§ ASSIGNMENT: Locate the line that contains "mod attach;" in the entries below. Retype it and all following lines through the final one, character for character.

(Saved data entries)
···
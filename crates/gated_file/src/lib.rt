//! Gated files: records behind gate bytes, of which a crash leaves a prefix.
//!
//! A record is appended behind a closed gate, synced, and only then is its gate opened. So whatever a crash leaves, the
//! file stands for its hardened records and perhaps the first few of those that were being opened.
#![tactic(auto)]

mod attach;
mod error;
mod gated;
mod read;

pub use attach::{see_gates, sync_file};
pub use error::GateError;
pub use gated::Gated;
···
§ OUTPUT FOR THIS EXERCISE:
mod attach;
mod error;
mod gated;
mod read;

pub use attach::{see_gates, sync_file};
pub use error::GateError;
pub use gated::Gated;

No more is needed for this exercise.